▸ RECORDS FOR PROCESSING:
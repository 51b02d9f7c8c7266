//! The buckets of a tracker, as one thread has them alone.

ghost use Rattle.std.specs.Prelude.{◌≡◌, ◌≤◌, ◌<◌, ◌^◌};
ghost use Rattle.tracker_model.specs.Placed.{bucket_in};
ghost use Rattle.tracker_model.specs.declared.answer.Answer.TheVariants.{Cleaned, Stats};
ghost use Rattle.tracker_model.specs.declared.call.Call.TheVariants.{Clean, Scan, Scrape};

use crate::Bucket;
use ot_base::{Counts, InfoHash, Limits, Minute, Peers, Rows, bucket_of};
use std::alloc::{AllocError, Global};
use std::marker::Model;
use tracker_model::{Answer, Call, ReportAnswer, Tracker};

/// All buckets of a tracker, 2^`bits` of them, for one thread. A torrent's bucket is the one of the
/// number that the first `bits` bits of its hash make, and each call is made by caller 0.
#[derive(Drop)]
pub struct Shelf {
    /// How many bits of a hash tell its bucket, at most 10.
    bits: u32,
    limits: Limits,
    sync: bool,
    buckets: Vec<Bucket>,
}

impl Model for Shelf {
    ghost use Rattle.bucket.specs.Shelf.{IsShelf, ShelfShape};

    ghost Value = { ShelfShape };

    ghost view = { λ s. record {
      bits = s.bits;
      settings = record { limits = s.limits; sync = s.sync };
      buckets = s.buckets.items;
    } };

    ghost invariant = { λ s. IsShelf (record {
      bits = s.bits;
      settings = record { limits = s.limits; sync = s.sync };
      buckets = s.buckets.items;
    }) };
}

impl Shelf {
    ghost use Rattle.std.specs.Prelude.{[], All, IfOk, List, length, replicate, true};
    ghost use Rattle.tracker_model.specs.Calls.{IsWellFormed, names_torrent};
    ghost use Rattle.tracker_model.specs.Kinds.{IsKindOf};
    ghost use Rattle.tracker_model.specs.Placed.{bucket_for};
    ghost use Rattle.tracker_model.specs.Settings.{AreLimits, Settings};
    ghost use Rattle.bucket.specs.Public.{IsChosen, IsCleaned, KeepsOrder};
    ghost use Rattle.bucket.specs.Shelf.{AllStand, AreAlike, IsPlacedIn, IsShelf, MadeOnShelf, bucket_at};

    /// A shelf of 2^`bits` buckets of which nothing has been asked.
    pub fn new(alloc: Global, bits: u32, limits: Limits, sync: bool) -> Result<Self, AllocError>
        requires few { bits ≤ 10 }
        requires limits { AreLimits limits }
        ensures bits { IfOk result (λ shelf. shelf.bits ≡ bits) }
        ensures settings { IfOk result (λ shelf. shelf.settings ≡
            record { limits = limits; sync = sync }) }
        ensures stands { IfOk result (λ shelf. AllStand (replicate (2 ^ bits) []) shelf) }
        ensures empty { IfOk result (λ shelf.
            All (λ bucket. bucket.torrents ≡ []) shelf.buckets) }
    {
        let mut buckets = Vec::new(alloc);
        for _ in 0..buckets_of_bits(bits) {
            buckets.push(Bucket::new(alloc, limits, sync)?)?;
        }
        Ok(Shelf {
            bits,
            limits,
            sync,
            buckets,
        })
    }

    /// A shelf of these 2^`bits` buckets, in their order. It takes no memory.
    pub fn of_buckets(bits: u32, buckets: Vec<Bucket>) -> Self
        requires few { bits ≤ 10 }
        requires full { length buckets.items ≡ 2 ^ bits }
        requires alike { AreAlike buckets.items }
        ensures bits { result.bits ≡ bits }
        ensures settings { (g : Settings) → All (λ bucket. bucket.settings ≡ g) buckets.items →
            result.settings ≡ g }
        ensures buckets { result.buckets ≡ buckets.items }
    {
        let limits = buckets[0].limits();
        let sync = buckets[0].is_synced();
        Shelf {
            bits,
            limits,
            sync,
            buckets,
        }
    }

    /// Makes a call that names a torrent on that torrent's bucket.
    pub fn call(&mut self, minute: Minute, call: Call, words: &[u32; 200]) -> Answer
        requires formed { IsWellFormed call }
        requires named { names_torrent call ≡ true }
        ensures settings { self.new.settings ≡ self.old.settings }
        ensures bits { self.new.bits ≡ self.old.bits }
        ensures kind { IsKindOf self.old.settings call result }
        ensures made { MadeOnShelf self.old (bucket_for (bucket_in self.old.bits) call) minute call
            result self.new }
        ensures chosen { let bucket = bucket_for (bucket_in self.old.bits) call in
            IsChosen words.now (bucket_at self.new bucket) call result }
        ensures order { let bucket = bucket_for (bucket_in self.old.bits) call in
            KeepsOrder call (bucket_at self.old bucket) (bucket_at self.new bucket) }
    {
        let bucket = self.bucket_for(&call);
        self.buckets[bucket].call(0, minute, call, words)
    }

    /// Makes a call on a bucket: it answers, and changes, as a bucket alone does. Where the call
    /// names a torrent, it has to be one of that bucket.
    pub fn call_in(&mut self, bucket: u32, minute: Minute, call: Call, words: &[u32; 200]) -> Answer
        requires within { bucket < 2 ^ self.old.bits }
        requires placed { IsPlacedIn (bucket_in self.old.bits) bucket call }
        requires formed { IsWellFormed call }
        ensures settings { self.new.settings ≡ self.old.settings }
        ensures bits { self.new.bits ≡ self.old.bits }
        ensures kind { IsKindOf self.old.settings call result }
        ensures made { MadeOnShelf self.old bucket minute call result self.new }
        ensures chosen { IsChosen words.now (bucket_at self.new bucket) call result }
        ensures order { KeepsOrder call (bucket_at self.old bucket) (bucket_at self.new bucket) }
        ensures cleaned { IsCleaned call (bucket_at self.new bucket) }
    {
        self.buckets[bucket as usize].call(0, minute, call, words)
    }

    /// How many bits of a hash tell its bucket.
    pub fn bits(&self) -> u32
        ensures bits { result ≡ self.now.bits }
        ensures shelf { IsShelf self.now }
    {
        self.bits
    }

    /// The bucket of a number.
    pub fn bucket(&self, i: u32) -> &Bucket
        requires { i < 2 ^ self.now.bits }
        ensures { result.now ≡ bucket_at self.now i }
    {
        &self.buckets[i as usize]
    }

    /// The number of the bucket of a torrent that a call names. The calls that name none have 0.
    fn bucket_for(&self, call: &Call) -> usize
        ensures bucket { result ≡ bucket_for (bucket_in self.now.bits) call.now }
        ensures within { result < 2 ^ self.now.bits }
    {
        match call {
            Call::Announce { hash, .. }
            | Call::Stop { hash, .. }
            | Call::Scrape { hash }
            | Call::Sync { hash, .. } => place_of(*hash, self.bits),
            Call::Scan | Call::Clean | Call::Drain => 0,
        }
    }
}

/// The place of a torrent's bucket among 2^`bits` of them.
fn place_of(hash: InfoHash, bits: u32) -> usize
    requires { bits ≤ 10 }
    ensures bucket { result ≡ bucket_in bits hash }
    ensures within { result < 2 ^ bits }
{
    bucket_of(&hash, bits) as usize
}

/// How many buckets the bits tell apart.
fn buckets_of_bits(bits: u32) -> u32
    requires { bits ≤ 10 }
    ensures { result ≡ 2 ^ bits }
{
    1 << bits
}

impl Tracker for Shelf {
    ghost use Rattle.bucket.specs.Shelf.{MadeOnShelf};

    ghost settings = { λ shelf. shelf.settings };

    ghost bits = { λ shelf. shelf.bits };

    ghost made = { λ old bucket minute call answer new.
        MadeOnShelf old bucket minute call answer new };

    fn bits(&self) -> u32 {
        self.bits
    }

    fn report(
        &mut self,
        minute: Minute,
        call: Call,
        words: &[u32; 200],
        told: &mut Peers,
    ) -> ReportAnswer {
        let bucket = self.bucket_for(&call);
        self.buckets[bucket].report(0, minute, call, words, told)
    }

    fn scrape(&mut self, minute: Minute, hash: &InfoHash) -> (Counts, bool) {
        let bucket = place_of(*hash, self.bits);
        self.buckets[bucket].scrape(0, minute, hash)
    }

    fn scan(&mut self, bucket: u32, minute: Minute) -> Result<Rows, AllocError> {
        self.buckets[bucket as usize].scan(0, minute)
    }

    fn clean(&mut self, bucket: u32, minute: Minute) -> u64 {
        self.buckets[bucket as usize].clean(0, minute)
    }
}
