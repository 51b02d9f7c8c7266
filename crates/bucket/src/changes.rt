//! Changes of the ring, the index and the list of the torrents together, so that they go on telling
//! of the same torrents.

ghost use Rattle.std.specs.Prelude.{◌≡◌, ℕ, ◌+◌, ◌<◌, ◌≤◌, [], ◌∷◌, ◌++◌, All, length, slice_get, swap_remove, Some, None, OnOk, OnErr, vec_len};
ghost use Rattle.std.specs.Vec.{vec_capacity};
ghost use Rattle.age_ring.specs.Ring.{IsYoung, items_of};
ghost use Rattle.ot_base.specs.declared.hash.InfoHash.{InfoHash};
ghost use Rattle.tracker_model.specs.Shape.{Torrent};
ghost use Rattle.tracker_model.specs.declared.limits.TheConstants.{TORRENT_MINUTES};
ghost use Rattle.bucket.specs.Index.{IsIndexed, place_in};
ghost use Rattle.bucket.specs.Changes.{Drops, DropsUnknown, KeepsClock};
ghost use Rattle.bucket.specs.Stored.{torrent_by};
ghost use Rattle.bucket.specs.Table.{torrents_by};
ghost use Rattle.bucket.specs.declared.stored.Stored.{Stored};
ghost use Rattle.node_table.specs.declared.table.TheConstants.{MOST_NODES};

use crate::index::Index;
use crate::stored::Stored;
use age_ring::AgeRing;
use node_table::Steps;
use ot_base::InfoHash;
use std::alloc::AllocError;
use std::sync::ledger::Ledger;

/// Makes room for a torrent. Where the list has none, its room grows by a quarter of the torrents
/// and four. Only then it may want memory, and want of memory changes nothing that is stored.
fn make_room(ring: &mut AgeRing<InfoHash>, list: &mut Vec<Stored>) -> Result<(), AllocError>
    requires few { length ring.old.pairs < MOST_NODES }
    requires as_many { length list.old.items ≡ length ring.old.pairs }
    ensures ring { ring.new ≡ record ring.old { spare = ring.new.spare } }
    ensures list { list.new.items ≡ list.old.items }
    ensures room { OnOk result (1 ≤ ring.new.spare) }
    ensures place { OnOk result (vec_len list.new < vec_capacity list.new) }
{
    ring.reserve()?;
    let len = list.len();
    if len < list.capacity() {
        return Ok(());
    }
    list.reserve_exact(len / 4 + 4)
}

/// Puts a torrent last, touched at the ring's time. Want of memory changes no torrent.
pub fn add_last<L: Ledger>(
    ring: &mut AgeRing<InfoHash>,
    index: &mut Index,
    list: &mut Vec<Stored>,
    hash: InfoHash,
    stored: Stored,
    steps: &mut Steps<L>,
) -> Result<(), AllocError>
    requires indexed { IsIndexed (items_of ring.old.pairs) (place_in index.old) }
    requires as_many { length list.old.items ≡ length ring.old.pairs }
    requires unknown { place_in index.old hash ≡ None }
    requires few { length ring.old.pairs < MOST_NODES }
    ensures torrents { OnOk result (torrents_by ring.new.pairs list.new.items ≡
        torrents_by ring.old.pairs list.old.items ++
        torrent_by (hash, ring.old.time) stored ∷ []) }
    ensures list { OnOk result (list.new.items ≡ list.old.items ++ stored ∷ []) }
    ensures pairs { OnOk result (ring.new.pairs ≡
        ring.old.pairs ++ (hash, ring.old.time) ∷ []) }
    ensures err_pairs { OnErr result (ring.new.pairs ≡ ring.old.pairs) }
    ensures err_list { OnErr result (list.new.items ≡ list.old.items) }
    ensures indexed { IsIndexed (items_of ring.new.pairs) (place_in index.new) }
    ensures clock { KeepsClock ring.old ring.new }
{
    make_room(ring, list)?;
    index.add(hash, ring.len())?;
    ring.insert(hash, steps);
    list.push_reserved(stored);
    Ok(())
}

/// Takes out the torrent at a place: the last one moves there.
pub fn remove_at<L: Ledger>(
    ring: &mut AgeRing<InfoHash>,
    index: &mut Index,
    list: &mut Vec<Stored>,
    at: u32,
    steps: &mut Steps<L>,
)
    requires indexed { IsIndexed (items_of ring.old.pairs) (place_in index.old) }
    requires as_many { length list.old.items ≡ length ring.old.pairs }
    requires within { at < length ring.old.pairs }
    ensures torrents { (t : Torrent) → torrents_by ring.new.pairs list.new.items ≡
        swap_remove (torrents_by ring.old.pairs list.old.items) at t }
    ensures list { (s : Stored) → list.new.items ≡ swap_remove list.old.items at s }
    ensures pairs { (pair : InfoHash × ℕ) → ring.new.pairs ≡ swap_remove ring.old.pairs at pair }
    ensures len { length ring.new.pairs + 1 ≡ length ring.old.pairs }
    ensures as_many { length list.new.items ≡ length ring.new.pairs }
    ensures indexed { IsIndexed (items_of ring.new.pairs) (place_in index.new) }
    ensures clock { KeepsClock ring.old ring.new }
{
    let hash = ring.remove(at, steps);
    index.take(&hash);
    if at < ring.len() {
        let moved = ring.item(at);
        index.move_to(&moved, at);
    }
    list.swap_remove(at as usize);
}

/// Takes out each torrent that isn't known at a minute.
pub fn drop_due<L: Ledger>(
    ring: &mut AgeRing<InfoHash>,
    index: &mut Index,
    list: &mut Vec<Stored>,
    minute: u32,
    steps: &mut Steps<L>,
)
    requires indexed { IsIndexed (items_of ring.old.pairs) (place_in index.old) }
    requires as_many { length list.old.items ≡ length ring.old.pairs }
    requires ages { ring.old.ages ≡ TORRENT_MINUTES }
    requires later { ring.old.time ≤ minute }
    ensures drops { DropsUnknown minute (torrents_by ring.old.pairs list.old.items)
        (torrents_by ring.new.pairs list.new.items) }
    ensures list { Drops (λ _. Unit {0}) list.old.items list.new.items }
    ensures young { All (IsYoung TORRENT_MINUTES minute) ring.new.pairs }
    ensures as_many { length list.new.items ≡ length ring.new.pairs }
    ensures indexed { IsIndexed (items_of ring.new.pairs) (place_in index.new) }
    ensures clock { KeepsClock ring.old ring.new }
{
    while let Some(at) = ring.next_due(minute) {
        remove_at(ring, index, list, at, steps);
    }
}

▸ WHAT NEEDS TO BE DONE: Please give the number of lines in the data above that hold "AreAlike", and write nothing else.

▸ YOUR RESPONSE: 2